(Source: The Pittsburgh Tribune-Review)

By F.A. Krift, The Pittsburgh Tribune-Review
Sep. 7--This is not your father's coal boom.
Record high coal prices suggest, and industry analysts and executives confirm, that demand for Appalachian coal is at an all-time high.
Yet that demand hasn't produced companies, jobs and new mines that a 1970s coal boom produced.
Pennsylvania mines are hiring hundreds of people, and plan to hire thousands in the next five years or so, but most of that hiring is driven by a need to replace a rapidly retiring work force. Total mining employment in 2007 inched up by about 140 jobs.
Coal companies have opened some mines, but they've shut down others and total coal production in the state dropped by 1.5 million tons to 65.8 million tons in 2007.
Industry officials and state mine regulators agree that the number of mining companies is, if anything, shrinking.
So where's the boom?
It's at PBS Coals, which has laid 8.2 miles of railroad track in Stonycreek in Somerset County, to reach the preparation plant it's refurbishing so it can ship out more coal.

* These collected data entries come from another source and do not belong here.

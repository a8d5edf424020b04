// How the parcels of a carrier are held in memory of fixed size.
// Assumes nothing.
ghost use Rattle.std.specs.Prelude.{◌≡◌, ◌<◌, ◌≤◌, length};
ghost use Rattle.carrier.specs.Parcels.{most_lanes, lane_room};

use crate::traits::{LANE_ROOM, MOST_LANES};
use words::body::Body;

// An end of a lane: where its oldest or its newest parcel waits. A value and no closure: the tray's contract names it.
#[derive(Clone, Copy)]
pub enum End {
    Oldest,
    Newest,
}

// One parcel in memory of its own.
#[derive(Clone, Copy, Default)]
pub struct Packet {
    pub(crate) head: u32,
    pub(crate) body: Body,
}

// The waiting parcels of one lane, as a ring of packets: `held` of them from `first` on.
#[derive(Clone, Copy)]
pub struct Queue {
    pub(crate) first: usize,
    pub(crate) held: usize,
    pub(crate) packets: [Packet; LANE_ROOM],
    ghost starts: { first < lane_room },
    ghost fits: { held ≤ lane_room },
    ghost whole: { length packets ≡ lane_room },
}

// The lanes of a carrier: the first `count` queues.
// An array with a count: an ArrayVec of fewer lanes is filled first and then cleared queue by queue.
#[derive(Drop)]
pub struct Storage {
    pub(crate) count: usize,
    pub(crate) queues: [Queue; MOST_LANES],
    ghost fits: { count ≤ most_lanes },
    ghost whole: { length queues ≡ most_lanes },
}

It's at Joy Global, parent company of Warrendale-based Joy Mining Machinery, which had a record $1.2 billion worth of orders for mining equipment in April, May and June and has a $2.5 billion backlog of machinery orders.
It's at Cecil-based Consol Energy, which is upgrading the Bailey Mine in Greene County, and the Shoemaker Mine, which straddles the West Virginia border into Washington County, to boost production. Bailey produced about 10 million tons of coal in 2007. Shoemaker recently reopened after improvements to its coal transportation system.
Consol spokesman Tom Hoffman said fundamental shifts in financing and environmental regulations since the 1970s have changed how the coal industry responds to price increases.
"We're bringing stuff on, but it doesn't happen as fast as a nonindustry observer would think," he said. In the 1970s, "a guy with a couple of bulldozers and a couple of trucks could open a coal mine pretty fast."
Now a new mine takes seven to 10 years to develop, and even a simple expansion takes two to three years, Hoffman said.
Coal prices were on their way up when an unexpected shortage of coal in China and Australia goosed the numbers into triple digits and has European utilities and steel manufacturers buying more East Coast coal.
Luke Popovich, spokesman for the National Mining Association, said coal executives from Central Pennsylvania were "almost giddy" when he bumped into them during an industry conference held in New York in July. The strong market demand has been aided by a weak U.S.